*** Begin section ***
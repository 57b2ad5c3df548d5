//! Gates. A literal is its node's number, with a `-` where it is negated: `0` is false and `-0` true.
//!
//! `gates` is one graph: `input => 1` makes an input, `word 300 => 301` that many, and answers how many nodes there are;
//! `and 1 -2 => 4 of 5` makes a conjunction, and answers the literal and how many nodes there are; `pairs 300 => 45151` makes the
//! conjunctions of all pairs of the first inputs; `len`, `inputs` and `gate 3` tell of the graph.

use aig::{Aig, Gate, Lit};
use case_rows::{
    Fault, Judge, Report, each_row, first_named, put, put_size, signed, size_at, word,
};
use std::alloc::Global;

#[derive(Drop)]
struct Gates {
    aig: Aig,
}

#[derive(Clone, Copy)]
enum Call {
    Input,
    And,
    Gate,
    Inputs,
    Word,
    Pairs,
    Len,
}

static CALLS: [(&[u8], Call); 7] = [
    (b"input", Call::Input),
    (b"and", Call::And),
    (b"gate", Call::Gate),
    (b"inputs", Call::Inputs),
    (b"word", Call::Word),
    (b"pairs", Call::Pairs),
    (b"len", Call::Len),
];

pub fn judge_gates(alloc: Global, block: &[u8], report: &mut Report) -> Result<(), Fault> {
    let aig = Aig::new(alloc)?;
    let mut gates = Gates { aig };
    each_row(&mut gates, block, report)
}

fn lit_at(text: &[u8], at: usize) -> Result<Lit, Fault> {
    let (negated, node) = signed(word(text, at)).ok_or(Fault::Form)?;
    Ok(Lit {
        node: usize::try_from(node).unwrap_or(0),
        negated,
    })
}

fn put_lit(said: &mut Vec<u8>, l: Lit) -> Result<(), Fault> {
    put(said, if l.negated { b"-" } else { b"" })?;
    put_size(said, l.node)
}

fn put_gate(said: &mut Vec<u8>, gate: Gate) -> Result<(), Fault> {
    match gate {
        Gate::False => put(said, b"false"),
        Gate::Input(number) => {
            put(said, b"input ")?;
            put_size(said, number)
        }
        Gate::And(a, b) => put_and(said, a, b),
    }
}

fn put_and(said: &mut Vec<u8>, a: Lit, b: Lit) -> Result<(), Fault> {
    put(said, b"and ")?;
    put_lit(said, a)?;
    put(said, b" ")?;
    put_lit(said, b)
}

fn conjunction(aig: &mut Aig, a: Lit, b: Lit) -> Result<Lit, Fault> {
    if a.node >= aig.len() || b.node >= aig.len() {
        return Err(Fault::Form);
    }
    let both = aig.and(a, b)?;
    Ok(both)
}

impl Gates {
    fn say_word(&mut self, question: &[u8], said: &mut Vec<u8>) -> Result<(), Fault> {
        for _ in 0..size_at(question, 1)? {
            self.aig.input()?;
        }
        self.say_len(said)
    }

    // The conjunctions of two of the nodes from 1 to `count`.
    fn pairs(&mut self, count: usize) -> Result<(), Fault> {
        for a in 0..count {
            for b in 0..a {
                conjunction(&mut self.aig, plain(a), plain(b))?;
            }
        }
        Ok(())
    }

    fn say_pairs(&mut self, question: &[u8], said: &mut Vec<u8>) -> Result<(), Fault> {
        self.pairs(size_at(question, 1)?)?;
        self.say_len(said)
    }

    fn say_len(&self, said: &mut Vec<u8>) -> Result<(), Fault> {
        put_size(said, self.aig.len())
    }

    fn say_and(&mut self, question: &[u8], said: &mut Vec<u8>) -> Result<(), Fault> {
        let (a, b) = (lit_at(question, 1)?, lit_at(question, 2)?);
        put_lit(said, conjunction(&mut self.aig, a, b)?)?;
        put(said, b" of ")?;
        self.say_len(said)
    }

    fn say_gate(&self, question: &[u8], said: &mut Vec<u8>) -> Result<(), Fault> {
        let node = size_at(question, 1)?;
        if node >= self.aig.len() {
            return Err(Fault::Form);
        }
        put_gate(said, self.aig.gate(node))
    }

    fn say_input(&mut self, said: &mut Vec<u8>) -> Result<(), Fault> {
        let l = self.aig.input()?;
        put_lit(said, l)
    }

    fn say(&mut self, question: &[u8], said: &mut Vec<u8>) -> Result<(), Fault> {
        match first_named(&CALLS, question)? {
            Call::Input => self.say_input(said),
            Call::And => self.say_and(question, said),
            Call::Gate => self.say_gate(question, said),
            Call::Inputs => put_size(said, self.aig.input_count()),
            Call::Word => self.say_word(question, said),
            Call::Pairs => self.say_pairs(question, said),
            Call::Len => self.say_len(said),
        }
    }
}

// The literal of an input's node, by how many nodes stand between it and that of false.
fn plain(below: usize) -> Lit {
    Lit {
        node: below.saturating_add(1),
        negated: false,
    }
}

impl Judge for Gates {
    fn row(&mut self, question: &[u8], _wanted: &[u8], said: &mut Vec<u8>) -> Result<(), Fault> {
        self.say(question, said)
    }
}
*** End section ***
Your task:
How many lines of the entries above contain the word "block"? Give the number alone.

Answer for the task:
2